Listed entries section start

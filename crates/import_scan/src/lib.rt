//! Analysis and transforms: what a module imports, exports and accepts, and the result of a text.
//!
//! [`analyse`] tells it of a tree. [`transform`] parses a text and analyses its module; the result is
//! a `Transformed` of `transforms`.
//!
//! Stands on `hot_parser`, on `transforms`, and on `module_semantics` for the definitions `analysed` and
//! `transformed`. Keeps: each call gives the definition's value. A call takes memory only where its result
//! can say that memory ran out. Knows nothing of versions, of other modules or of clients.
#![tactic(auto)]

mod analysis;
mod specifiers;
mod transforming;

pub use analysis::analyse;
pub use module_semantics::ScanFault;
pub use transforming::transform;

Listed entries section end
Listed entries section start

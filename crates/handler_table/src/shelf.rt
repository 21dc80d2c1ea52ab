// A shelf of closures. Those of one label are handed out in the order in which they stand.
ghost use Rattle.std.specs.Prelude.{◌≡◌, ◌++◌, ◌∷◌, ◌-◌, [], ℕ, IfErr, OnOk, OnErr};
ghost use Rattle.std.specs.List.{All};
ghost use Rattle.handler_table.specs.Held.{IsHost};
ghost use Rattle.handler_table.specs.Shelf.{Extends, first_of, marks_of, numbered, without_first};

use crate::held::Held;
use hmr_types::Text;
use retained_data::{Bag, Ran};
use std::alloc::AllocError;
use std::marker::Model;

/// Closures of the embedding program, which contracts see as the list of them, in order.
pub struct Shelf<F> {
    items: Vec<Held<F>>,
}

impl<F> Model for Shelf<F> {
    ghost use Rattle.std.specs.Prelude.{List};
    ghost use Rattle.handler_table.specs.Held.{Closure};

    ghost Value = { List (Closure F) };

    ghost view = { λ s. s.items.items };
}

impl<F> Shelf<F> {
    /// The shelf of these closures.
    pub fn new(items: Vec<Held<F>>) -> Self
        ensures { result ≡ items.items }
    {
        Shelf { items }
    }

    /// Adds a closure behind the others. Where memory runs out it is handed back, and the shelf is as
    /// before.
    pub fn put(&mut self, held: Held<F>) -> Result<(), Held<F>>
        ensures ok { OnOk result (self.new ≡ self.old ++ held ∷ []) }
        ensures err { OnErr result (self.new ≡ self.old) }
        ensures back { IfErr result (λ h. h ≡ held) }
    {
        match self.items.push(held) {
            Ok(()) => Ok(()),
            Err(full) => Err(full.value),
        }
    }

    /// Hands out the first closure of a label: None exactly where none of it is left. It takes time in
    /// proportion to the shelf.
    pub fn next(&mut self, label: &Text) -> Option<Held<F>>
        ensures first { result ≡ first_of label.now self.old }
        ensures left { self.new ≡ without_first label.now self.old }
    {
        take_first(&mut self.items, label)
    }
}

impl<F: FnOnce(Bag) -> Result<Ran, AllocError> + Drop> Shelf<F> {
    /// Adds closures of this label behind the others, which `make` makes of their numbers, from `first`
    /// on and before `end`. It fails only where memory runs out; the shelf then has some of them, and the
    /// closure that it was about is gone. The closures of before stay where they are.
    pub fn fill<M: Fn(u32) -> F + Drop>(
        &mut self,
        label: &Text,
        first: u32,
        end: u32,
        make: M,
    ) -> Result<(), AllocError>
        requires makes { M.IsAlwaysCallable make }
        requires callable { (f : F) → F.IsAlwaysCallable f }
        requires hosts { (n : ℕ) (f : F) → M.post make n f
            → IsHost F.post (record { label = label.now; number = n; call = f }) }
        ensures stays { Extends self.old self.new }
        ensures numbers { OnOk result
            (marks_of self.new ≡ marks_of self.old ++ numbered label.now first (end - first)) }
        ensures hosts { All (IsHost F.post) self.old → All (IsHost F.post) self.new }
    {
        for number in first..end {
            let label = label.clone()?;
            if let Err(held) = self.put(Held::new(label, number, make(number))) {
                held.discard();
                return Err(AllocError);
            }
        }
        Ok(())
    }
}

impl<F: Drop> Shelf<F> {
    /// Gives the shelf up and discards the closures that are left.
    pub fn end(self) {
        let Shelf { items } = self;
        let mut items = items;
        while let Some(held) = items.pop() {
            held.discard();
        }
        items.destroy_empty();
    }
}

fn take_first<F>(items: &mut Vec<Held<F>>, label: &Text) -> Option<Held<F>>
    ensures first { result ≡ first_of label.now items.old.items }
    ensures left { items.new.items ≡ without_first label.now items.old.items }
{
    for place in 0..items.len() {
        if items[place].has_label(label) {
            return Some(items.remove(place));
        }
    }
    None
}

Listed entries section end
Listed entries section start

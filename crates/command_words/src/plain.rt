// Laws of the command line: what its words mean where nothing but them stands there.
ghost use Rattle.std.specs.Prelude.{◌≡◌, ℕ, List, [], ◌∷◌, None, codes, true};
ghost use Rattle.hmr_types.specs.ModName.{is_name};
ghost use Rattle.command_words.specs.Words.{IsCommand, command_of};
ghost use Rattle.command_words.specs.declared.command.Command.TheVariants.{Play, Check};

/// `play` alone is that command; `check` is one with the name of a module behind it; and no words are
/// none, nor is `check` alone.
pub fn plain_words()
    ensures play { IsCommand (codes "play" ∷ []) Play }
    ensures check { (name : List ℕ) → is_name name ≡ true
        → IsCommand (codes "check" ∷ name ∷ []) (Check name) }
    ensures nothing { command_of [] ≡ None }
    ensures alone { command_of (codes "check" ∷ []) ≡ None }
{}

Listed entries section end

In the listing above, locate the line containing "which they stand." and the line containing "use std::marker::Model;". Extract those two lines and every line between them, exactly as written, and only those.

// A shelf of closures. Those of one label are handed out in the order in which they stand.
ghost use Rattle.std.specs.Prelude.{◌≡◌, ◌++◌, ◌∷◌, ◌-◌, [], ℕ, IfErr, OnOk, OnErr};
ghost use Rattle.std.specs.List.{All};
ghost use Rattle.handler_table.specs.Held.{IsHost};
ghost use Rattle.handler_table.specs.Shelf.{Extends, first_of, marks_of, numbered, without_first};

use crate::held::Held;
use hmr_types::Text;
use retained_data::{Bag, Ran};
use std::alloc::AllocError;
use std::marker::Model;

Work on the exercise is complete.